== Task brief ==
These entries are to be set down again exactly.
##### Provided records #####
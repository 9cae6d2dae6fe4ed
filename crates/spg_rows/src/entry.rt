use spg_base::Row;

/// A row that stands in an index, with its key. A null has none.
#[derive(Drop)]
pub struct Entry<K> {
    pub row: Row,
    pub key: Option<K>,
}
#####
== Task response ==
repository 9cae6d2dae6fe4ed
filename crates/spg_rows/src/entry.rt
use spg_base::Row;

/// A row that stands in an index, with its key. A null has none.
#[derive(Drop)]
pub struct Entry<K> {
    pub row: Row,
    pub key: Option<K>,
}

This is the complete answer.